[Your instructions]: Set down the line that has "Removes these keys." and each line beneath it, through the last line of the entries, exactly and with no others.

[Exercise data]:
/// The whole of it, over a tree.
fn finish_over<T: Tree, M: Maker>(
    alloc: Global,
    tree: &mut T,
    core: Core,
    work: &str,
    present: &[String],
    maker: &mut M,
    in_flight: u8,
    plan: Node,
    texts: &[Node; 4],
) -> Result<(), JournalErr>
    requires some { 0 < in_flight }
    requires most { in_flight ≤ 64 }
    requires start { IsStart (M.view maker.old) (core_of core) }
    ensures same_view { M.view maker.new ≡ M.view maker.old }
    ensures kept_nodes { (j : ℕ) (b : List ℕ) (m : ℕ) (ns : List Node) → M.makes maker.old j b m ns → M.makes maker.new j b m ns }
    ensures same_refusals { (j : ℕ) (b : List ℕ) (r : Refusal) → M.refuses maker.new j b r → M.refuses maker.old j b r }
    ensures blame { IfErr result (RunBlames (M.view maker.old) (M.refuses maker.old) (T.seen tree.new)) }
    ensures stays { AreSourcesApart work.now (M.view maker.old) → IfErr result (RunBlames (M.view maker.old) (M.refuses maker.old) (T.seen tree.old)) }
    ensures mild { (w : Wanted) → IsGiven w work.now → IsRun w (M.view maker.old) (M.makes maker.old) plan texts.now → (T.seen tree.old).tells ≡ true → Keeps w (core_of core) (state_of (T.seen tree.old).past) → IfErr result (λ e. IsTrue (is_mild_run e)) }
    ensures cleared { OnOk result (IsCleared work.now (T.seen tree.new)) }
    ensures alone { (core_of core).phase ≡ Empty → (T.seen tree.old).tells ≡ true → OnOk result (AreAll work.now (map string_bytes present.now) (T.seen tree.old) → BeganAlone work.now plan (T.seen tree.old) (T.seen tree.new)) }
    ensures ran { FinishRan (IsHit work.now (M.view maker.old) (λ j. ⊤)) (rounds_of (length (M.view maker.old).steps) in_flight + 3) work.now (λ w. IsRun w (M.view maker.old) (M.makes maker.old) plan texts.now) (core_of core) (T.seen tree.old) (T.seen tree.new) result }
{
    let mut desk = Desk::new(tree, core);
    let ended = finish_at(
        alloc, &mut desk, work, present, maker, in_flight, plan, texts,
    );
    let _tree = desk.into_tree();
    ended
}

/// Brings a run to its end from wherever a start finds it, by the core of the start: before there is a
/// plan, the work folder is cleared of the present paths and the plan's text is put; then come the jobs,
/// with up to so many in flight, 1 to 64, and then the lists of sources, of debug files and of links and the
/// finished text; at last the work folder is cleared of all else.
///
/// Where an earlier program wrote that the run is finished, that text is replaced first.
///
/// A run that is finished needs no maker: it goes by a desk over `Core::closed`, and `clear`; one that an earlier program
/// finished by a desk over `Core::old`, `renew`, and `clear`.
///
/// `Changed` and `Refused` name the job's file, which isn't the planned one, or of which this is refused;
/// `Tree` comes only where the tree's count of faults rose. After an error the run is started again.
pub fn finish<T: Tree, M: Maker>(
    alloc: Global,
    tree: &mut T,
    core: Core,
    work: &str,
    present: &[String],
    maker: &mut M,
    in_flight: u8,
    plan: Vec<u8>,
    lists: [Vec<u8>; 3],
    finished: &[u8],
) -> Result<(), JournalErr>
    requires some { 0 < in_flight }
    requires most { in_flight ≤ 64 }
    requires start { IsStart (M.view maker.old) (core_of core) }
    ensures same_view { M.view maker.new ≡ M.view maker.old }
    ensures kept_nodes { (j : ℕ) (b : List ℕ) (m : ℕ) (ns : List Node) → M.makes maker.old j b m ns → M.makes maker.new j b m ns }
    ensures same_refusals { (j : ℕ) (b : List ℕ) (r : Refusal) → M.refuses maker.new j b r → M.refuses maker.old j b r }
    ensures blame { IfErr result (RunBlames (M.view maker.old) (M.refuses maker.old) (T.seen tree.new)) }
    ensures stays { AreSourcesApart work.now (M.view maker.old) → IfErr result (RunBlames (M.view maker.old) (M.refuses maker.old) (T.seen tree.old)) }
    ensures mild { (w : Wanted) → IsGiven w work.now → IsRun w (M.view maker.old) (M.makes maker.old) (text_file plan.items) (end_nodes (map bytes_of lists) finished.now) → (T.seen tree.old).tells ≡ true → Keeps w (core_of core) (state_of (T.seen tree.old).past) → IfErr result (λ e. IsTrue (is_mild_run e)) }
    ensures cleared { OnOk result (IsCleared work.now (T.seen tree.new)) }
    ensures alone { (core_of core).phase ≡ Empty → (T.seen tree.old).tells ≡ true → OnOk result (AreAll work.now (map string_bytes present.now) (T.seen tree.old) → BeganAlone work.now (text_file plan.items) (T.seen tree.old) (T.seen tree.new)) }
    ensures ran { FinishRan (IsHit work.now (M.view maker.old) (λ j. ⊤)) (rounds_of (length (M.view maker.old).steps) in_flight + 3) work.now (λ w. IsRun w (M.view maker.old) (M.makes maker.old) (text_file plan.items) (end_nodes (map bytes_of lists) finished.now)) (core_of core) (T.seen tree.old) (T.seen tree.new) result }
{
    let plan = text_node(plan);
    let texts = end_nodes(alloc, lists, finished)?;
    finish_over(
        alloc, tree, core, work, present, maker, in_flight, plan, &texts,
    )
}
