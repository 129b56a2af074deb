//! What of a change takes memory, which is done first.
ghost use Rattle.std.specs.Prelude.{◌≡◌, OnOk, OnErr};
ghost use Rattle.node_parts.specs.Begins.{Begins, CanBegin};

use keyspace::{Plan, commit};
use node_parts::Change;
use slot_state::SlotMoves;
use slot_store::SlotParts;
use std::alloc::{AllocError, Global};
use std::mem;

/// Changes keys, or lets a move begin, if the change says so. The plan is taken out then.
pub(crate) fn begin<S: SlotParts>(
    alloc: Global,
    store: &mut S,
    moves: &mut SlotMoves,
    plan: &mut Plan,
    change: &Change,
) -> Result<(), AllocError>
    requires { CanBegin (S.contents store.old) moves.old plan.old change.now }
    ensures begun { OnOk result (Begins (S.contents store.old) moves.old plan.old change.now
        (S.contents store.new) moves.new) }
    ensures keys { OnErr result (S.contents store.new ≡ S.contents store.old) }
    ensures moves { OnErr result (moves.new ≡ moves.old) }
{
    match change {
        Change::Keys { slot, .. } => {
            let plan = mem::replace(plan, Plan::new(alloc));
            store.commit_in_slot(alloc, *slot, plan)
        }
        Change::Imports {
            slot,
            from,
            number,
            ..
        } => moves.begin_import(*slot, *from, *number),
        Change::Migrates {
            slot,
            to,
            number,
            ..
        } => moves.begin_migration(*slot, *to, *number),
        Change::Installs { .. } => {
            let plan = mem::replace(plan, Plan::new(alloc));
            commit(alloc, store, plan)
        }
        Change::Nothing
        | Change::Asks { .. }
        | Change::Allows { .. }
        | Change::Numbers { .. }
        | Change::Ends { .. }
        | Change::Parks { .. }
        | Change::Freezes { .. }
        | Change::Frees { .. }
        | Change::Notes { .. }
        | Change::Loses { .. }
        | Change::Wishes { .. }
        | Change::Pauses { .. }
        | Change::Learns { .. }
        | Change::Ages => Ok(()),
    }
}
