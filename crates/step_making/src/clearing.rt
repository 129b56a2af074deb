//! Slots whose keys leave at once.
ghost use Rattle.std.specs.Prelude.{◌≡◌};
ghost use Rattle.node_parts.specs.Becomes.{without_slots};

use key_slot::Slot;
use slot_store::SlotParts;

/// Removes all keys of these slots.
pub(crate) fn clear_slots<S: SlotParts>(store: &mut S, slots: &[Slot])
    ensures { S.contents store.new ≡ without_slots (S.contents store.old) slots.now }
{
    for slot in slots {
        store.clear_slot(*slot);
    }
}
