//! What of a change takes no memory, which is done behind the rest.
ghost use Rattle.std.specs.Prelude.{◌≡◌, Some};
ghost use Rattle.migrate.specs.Acknowledging.{frozen_keys};
ghost use Rattle.node_parts.specs.Becomes.{Finishes, ending, freed, learning, losing, waiting_so, allowing, freezing};
ghost use Rattle.node_step.specs.Copies.{without};
ghost use Rattle.node_step.specs.Handovers.{begun_for, wishing};
ghost use Rattle.node_step.specs.Requests.{using_up, with_numbers};
ghost use Rattle.node_step.specs.Ticks.{older};
ghost use Rattle.slot_state.specs.Moves.{move_of};

use crate::clearing::clear_slots;
use bus::Handing;
use byte_string::ByteString;
use connections::{Conn, Wait, Waiting};
use key_slot::Slot;
use keyspace::Store;
use migrate::{count_copy, freeze, on_drained, on_lost, unfreeze};
use node_parts::{Change, NodeParts};
use redirect::Asking;
use repl_stream::Stream;
use slot_state::{CopyId, Keys};
use slot_store::SlotParts;
use slot_table::{Claim, Epoch, NodeNo, SlotEntry};
use std::mem;

/// Changes all that takes no memory.
pub(crate) fn finish<S: SlotParts, T: Stream>(node: &mut NodeParts<S, T>, change: &mut Change)
    ensures { Finishes node.old change.old node.new }
{
    match change {
        Change::Nothing => {}
        Change::Asks { conn }
        | Change::Keys { conn, .. }
        | Change::Imports { conn, .. }
        | Change::Migrates { conn, .. } => use_up(node, *conn),
        Change::Allows { conn, asking } => allow(node, *conn, *asking),
        Change::Numbers { conn } => number_asks(node, *conn),
        Change::Ends { conn, slot, epoch } => end_import(node, *conn, *slot, *epoch),
        Change::Parks { conn, wait } => park(node, *conn, *wait),
        Change::Freezes { conn, keys, wait } => freeze_keys(node, *conn, keys, *wait),
        Change::Installs { slot, copy, .. } => count_copy(&mut node.moves, *slot, *copy),
        Change::Frees { id } => delete_frozen(node, *id),
        Change::Notes {
            from,
            slot,
            number,
            drained,
        } => on_drained(&mut node.moves, *slot, *from, *number, *drained),
        Change::Loses { from, claim, lost } => lose_slots(node, *from, claim, lost.as_slice()),
        Change::Wishes { conn } => wish(node, *conn),
        Change::Pauses { replica } => pause(node, *replica),
        Change::Learns { handing } => learn(node, handing.take()),
        Change::Ages => age(node),
    }
}

// The next request of the connection has no ASKING before it.
fn use_up<S: SlotParts, T: Stream>(node: &mut NodeParts<S, T>, conn: Conn)
    ensures { node.new ≡ using_up node.old conn }
{
    node.connections.use_up(conn);
}

// The next request of the connection has this asking.
fn allow<S: SlotParts, T: Stream>(node: &mut NodeParts<S, T>, conn: Conn, asking: Asking)
    ensures { node.new ≡ allowing node.old conn asking }
{
    node.connections.use_up(conn);
    node.connections.allow(conn, asking);
}

// From now on the ASK lines of the connection name the move.
fn number_asks<S: SlotParts, T: Stream>(node: &mut NodeParts<S, T>, conn: Conn)
    ensures { node.new ≡ with_numbers (using_up node.old conn) conn }
{
    node.connections.use_up(conn);
    node.connections.number(conn);
}

// Takes the slot for its own.
fn end_import<S: SlotParts, T: Stream>(
    node: &mut NodeParts<S, T>,
    conn: Conn,
    slot: Slot,
    epoch: Epoch,
)
    ensures { node.new ≡ ending node.old conn slot epoch }
{
    let owner = node.number;
    node.table.set(slot, Some(SlotEntry { epoch, owner }));
    node.moves.end(slot);
    node.connections.use_up(conn);
}

// Has the connection wait for the acknowledgement of a copy.
fn park<S: SlotParts, T: Stream>(node: &mut NodeParts<S, T>, conn: Conn, wait: Wait)
    ensures { node.new ≡ waiting_so (using_up node.old conn) conn wait }
{
    node.connections.use_up(conn);
    node.connections.park(conn, wait);
}

// Freezes the keys, which are taken, and has the connection wait for the acknowledgement of their copy.
fn freeze_keys<S: SlotParts, T: Stream>(
    node: &mut NodeParts<S, T>,
    conn: Conn,
    keys: &mut Keys,
    wait: Wait,
)
    ensures { node.new ≡ waiting_so (freezing node.old conn wait keys.old) conn wait }
{
    let keys = mem::replace(keys, Keys::new(Vec::new(node.alloc)));
    let id = wait.id;
    freeze(&mut node.moves, id.slot, id.copy, keys);
    park(node, conn, wait);
}

// Deletes the frozen keys of the slot. Who waited for that waits no more.
fn delete_frozen<S: SlotParts, T: Stream>(node: &mut NodeParts<S, T>, id: CopyId)
    ensures { node.new ≡ freed node.old id (frozen_keys (move_of node.old.moves id.slot)) }
{
    if let Some(keys) = unfreeze(&mut node.moves, id.slot) {
        remove_all(&mut node.store, keys.as_slice());
        node.connections.free(&Waiting::For(id));
    }
}

// Takes the slots of a claim out.
fn lose_slots<S: SlotParts, T: Stream>(
    node: &mut NodeParts<S, T>,
    from: NodeNo,
    claim: &Claim,
    lost: &[Slot],
)
    ensures { node.new ≡ losing node.old claim.now from lost.now }
{
    node.table.take(from, claim);
    clear_slots(&mut node.store, lost);
    on_lost(&mut node.moves, lost);
    node.connections.free(&Waiting::In(lost));
}

// Asks the master to hand over, unless it is noted what that hands over.
fn wish<S: SlotParts, T: Stream>(node: &mut NodeParts<S, T>, conn: Conn)
    ensures { node.new ≡ wishing (using_up node.old conn) }
{
    node.asks_master = node.note.is_none();
    node.connections.use_up(conn);
}

// Hands the slots over to a replica.
fn pause<S: SlotParts, T: Stream>(node: &mut NodeParts<S, T>, replica: NodeNo)
    ensures { node.new ≡ record node.old { paused = Some replica } }
{
    node.paused = Some(replica);
}

// Notes what the master hands over.
fn learn<S: SlotParts, T: Stream>(node: &mut NodeParts<S, T>, handing: Option<Handing>)
    ensures { node.new ≡ learning node.old handing }
{
    if let Some(handing) = handing {
        node.election.begun = begun_for(node, &handing);
        node.asks_master = false;
        node.note = Some(handing);
    }
}

// How many ticks ago the last election for that began. Said again, it is the same handover.
fn begun_for<S: SlotParts, T: Stream>(node: &NodeParts<S, T>, handing: &Handing) -> Option<u32>
    ensures { result ≡ begun_for node.now.handover.note handing.now node.now.handover.begun }
{
    let noted = node.note.as_ref()?;
    if noted.stream == handing.stream && noted.offset == handing.offset {
        node.election.begun
    } else {
        None
    }
}

// Time passes: who has waited long enough waits no more.
fn age<S: SlotParts, T: Stream>(node: &mut NodeParts<S, T>)
    ensures { node.new ≡ older node.old }
{
    node.connections.free(&Waiting::Over);
    node.connections.age();
}

// Removes these keys.
fn remove_all<S: Store>(store: &mut S, keys: &[ByteString])
    ensures { S.contents store.new ≡ without (S.contents store.old) keys.now }
{
    for key in keys {
        store.remove(key);
    }
}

[Answer to the problem]:
// Removes these keys.
fn remove_all<S: Store>(store: &mut S, keys: &[ByteString])
    ensures { S.contents store.new ≡ without (S.contents store.old) keys.now }
{
    for key in keys {
        store.remove(key);
    }
}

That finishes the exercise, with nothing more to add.